Problem statement »
From the entries that follow, report every line in which "items" occurs.

The input »

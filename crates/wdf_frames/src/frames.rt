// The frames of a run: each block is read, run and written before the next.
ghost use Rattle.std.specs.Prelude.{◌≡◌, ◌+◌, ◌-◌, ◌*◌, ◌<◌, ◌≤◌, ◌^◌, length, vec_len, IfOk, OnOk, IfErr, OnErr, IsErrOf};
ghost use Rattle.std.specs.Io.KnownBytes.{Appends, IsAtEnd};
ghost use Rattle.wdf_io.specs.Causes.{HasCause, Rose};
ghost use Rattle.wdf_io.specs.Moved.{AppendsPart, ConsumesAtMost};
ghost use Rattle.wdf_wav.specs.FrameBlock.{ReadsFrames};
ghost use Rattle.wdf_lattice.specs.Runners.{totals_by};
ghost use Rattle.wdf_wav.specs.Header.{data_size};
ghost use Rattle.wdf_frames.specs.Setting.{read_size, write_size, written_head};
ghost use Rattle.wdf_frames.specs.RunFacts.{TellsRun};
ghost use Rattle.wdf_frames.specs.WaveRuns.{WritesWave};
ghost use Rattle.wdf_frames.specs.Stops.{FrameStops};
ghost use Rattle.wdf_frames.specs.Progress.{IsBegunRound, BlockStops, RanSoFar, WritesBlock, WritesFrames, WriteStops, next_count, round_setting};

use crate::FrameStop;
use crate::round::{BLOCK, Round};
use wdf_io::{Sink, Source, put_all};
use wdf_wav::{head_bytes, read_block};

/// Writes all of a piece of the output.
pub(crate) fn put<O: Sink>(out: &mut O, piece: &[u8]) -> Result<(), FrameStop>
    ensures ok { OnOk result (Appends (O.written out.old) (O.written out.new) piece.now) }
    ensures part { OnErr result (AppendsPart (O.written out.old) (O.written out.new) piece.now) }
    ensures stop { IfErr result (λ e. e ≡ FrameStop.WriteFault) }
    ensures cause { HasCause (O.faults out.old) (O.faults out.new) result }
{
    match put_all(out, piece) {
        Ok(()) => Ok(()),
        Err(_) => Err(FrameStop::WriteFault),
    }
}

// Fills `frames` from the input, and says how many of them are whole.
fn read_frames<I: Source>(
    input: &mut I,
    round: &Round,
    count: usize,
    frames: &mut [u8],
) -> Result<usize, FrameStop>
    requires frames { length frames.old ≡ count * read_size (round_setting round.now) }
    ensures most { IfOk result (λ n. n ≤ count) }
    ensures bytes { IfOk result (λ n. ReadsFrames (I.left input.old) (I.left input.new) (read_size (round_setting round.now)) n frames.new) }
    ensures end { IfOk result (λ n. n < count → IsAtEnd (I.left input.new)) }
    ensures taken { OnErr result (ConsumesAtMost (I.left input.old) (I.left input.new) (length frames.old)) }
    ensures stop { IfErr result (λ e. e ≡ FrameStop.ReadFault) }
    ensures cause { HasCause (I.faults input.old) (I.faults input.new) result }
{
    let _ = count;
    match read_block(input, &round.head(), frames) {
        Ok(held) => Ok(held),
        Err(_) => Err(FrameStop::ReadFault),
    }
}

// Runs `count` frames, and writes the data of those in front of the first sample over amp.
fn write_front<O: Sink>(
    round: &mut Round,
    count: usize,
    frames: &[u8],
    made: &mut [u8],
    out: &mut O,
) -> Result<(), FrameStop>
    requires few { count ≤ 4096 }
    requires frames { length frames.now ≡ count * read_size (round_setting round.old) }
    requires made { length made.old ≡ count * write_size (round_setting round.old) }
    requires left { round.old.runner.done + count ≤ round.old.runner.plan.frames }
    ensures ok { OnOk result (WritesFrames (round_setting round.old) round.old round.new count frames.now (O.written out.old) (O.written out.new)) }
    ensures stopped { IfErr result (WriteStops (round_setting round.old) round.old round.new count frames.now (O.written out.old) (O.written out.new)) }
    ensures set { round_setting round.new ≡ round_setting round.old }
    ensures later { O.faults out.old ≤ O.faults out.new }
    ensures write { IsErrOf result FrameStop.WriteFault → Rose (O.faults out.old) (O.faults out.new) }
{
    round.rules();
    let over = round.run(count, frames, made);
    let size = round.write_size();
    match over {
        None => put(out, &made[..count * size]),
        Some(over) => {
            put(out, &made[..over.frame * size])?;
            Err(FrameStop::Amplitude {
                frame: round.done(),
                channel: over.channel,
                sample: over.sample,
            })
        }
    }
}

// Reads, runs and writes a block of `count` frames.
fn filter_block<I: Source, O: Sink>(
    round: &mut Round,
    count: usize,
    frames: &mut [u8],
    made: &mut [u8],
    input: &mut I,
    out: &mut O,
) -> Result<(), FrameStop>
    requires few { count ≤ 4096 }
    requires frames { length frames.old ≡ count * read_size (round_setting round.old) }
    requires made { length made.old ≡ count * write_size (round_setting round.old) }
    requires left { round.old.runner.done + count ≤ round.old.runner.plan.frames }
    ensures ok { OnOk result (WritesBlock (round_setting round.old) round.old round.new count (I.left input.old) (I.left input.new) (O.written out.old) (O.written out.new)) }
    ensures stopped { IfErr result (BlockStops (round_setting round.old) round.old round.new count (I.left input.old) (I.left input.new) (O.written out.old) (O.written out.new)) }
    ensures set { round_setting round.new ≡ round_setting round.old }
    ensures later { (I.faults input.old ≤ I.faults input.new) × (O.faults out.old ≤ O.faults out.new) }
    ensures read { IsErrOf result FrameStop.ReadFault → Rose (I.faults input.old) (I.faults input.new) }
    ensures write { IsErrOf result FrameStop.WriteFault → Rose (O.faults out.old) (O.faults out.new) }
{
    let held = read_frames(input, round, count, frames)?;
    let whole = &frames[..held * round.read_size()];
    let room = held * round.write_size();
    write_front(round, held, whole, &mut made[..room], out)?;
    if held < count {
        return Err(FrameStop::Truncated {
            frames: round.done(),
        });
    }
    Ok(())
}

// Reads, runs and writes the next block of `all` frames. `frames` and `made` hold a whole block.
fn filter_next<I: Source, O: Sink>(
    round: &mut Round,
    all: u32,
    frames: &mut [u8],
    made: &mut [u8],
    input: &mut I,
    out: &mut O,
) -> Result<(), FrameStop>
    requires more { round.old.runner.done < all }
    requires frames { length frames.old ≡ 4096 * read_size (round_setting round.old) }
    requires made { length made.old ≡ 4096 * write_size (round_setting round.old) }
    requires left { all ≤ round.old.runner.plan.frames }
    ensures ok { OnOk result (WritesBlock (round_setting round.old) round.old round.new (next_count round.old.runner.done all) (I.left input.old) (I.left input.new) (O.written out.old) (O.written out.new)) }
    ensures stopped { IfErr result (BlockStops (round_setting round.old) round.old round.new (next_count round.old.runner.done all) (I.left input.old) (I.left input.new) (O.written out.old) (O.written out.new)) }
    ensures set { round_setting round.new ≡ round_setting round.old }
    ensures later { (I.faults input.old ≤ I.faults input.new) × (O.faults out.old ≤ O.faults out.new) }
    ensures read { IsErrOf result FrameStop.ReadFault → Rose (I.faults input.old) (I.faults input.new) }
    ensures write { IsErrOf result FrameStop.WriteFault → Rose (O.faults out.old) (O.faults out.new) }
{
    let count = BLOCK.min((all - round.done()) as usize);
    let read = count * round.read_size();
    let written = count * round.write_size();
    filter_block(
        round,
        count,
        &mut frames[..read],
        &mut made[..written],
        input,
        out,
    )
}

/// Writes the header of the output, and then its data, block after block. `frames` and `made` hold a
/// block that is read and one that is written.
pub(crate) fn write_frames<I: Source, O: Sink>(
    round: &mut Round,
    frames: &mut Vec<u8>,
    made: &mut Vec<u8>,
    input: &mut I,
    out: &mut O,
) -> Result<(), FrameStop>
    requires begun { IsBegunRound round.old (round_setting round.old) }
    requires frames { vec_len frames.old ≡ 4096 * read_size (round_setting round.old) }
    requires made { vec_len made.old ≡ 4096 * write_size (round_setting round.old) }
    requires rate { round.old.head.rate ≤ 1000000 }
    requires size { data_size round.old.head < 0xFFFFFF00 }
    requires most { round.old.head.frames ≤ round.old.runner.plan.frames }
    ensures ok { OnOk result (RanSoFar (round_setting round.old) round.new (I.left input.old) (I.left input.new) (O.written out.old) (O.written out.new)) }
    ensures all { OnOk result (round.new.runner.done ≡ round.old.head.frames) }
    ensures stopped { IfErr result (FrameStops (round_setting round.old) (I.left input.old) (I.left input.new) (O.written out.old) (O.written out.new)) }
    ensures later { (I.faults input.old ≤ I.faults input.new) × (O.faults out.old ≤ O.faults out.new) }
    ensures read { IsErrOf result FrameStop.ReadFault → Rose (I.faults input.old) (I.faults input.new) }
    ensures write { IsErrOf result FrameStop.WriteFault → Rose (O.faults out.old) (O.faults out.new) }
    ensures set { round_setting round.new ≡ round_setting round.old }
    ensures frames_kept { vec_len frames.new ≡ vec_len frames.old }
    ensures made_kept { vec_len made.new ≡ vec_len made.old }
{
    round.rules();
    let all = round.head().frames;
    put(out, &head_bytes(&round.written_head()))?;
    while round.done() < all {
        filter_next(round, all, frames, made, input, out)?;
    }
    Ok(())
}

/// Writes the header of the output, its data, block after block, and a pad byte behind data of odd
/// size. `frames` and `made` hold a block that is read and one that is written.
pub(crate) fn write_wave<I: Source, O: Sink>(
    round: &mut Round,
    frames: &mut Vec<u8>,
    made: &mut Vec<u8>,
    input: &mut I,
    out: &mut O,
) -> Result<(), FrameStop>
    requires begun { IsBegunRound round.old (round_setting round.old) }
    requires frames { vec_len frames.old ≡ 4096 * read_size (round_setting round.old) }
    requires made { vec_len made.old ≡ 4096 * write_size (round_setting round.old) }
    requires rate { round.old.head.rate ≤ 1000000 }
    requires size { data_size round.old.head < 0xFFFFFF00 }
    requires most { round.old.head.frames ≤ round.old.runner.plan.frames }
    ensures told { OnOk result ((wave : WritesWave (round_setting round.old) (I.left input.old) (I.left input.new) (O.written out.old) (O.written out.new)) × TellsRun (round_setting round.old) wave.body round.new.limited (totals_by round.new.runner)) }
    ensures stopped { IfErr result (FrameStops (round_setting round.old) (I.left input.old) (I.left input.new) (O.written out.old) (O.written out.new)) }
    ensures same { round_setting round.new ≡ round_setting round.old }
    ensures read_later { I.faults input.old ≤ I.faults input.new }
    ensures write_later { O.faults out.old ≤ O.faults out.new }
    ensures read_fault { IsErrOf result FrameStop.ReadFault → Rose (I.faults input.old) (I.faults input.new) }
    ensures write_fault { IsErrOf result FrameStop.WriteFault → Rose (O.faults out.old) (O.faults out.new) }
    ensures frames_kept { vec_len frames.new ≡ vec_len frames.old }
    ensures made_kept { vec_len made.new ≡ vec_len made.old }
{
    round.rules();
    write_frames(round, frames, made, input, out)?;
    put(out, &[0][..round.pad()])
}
...
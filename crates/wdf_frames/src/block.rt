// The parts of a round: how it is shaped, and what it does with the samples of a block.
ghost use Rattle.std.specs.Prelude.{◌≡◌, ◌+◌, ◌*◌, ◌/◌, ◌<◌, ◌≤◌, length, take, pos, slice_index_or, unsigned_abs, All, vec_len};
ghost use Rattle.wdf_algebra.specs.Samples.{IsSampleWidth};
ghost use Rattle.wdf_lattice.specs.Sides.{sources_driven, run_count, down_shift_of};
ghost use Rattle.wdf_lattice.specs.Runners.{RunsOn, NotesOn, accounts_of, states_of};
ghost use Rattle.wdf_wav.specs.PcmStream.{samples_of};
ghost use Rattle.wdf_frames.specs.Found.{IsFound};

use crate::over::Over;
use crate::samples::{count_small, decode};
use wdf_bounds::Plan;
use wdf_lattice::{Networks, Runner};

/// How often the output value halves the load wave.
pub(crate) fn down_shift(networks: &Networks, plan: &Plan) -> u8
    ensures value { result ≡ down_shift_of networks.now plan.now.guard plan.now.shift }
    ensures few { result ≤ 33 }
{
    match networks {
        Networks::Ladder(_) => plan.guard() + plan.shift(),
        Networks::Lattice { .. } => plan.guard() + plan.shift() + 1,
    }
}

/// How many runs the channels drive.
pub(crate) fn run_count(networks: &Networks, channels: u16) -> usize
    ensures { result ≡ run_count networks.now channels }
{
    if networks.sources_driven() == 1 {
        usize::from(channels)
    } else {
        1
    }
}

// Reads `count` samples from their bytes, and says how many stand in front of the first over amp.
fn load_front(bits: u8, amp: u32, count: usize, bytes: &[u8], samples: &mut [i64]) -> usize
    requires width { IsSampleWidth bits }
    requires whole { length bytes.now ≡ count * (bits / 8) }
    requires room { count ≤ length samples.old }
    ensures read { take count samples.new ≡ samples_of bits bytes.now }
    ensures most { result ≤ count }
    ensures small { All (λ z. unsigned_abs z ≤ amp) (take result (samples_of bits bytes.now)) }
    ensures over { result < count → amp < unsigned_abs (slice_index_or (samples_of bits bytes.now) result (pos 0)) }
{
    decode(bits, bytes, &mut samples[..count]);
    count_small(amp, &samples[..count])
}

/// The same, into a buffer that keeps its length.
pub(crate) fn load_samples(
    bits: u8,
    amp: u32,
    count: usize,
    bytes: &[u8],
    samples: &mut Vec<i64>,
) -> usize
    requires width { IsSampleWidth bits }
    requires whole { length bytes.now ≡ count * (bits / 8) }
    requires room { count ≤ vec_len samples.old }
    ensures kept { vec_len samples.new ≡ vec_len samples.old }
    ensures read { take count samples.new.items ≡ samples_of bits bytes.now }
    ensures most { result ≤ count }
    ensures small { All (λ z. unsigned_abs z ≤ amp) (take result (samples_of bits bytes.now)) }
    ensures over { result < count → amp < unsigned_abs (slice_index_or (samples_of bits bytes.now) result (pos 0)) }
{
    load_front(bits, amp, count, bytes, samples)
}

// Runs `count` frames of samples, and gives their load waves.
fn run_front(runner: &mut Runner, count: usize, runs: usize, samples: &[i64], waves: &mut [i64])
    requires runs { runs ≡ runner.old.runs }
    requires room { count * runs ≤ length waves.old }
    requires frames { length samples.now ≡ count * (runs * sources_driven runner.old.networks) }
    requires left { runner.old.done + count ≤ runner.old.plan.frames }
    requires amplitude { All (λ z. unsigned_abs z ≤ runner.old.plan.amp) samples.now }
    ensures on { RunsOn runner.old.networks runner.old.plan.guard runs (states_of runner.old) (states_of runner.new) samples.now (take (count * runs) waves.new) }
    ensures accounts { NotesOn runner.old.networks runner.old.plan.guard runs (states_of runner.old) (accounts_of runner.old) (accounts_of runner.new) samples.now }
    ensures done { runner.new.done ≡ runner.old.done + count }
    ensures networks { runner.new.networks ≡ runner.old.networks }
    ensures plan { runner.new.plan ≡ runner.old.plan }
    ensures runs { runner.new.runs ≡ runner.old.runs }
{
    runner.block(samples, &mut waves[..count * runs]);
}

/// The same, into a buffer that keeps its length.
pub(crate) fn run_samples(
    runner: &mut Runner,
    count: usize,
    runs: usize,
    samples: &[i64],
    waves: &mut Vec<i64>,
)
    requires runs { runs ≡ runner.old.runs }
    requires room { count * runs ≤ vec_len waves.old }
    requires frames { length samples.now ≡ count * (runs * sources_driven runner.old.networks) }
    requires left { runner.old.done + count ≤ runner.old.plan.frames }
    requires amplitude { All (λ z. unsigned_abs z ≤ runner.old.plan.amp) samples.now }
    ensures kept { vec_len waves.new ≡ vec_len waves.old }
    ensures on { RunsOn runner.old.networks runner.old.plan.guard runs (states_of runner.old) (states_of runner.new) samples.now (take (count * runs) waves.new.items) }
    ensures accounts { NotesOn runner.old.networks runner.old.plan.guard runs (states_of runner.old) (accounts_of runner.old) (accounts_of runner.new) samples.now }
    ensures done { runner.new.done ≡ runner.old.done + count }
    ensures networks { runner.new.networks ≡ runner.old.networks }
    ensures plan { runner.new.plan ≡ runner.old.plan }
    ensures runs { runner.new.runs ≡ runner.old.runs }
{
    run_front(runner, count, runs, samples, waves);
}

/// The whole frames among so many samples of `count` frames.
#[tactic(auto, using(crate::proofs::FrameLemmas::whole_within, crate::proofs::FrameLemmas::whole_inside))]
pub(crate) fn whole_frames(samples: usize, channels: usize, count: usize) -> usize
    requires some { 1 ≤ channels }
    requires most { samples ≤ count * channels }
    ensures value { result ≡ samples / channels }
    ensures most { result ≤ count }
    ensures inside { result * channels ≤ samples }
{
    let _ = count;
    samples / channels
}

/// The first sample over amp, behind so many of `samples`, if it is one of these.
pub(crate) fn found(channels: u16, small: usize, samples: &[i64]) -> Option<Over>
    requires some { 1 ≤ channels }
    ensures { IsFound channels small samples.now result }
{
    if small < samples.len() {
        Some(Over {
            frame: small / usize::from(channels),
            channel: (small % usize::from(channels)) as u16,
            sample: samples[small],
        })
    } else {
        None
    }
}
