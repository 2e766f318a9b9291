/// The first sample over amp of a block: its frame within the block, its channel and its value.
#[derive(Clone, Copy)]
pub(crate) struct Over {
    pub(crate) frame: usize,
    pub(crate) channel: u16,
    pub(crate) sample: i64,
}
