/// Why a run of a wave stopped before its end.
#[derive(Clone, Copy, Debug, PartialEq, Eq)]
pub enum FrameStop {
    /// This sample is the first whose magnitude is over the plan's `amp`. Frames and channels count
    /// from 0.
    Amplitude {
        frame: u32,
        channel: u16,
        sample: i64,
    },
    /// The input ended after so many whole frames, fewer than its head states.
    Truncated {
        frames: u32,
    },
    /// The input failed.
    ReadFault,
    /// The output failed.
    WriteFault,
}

Result »
    ensures read { take count samples.new.items ≡ samples_of bits bytes.now }
    ensures on { RunsOn runner.old.networks runner.old.plan.guard runs (states_of runner.old) (states_of runner.new) samples.now (take (count * runs) waves.new.items) }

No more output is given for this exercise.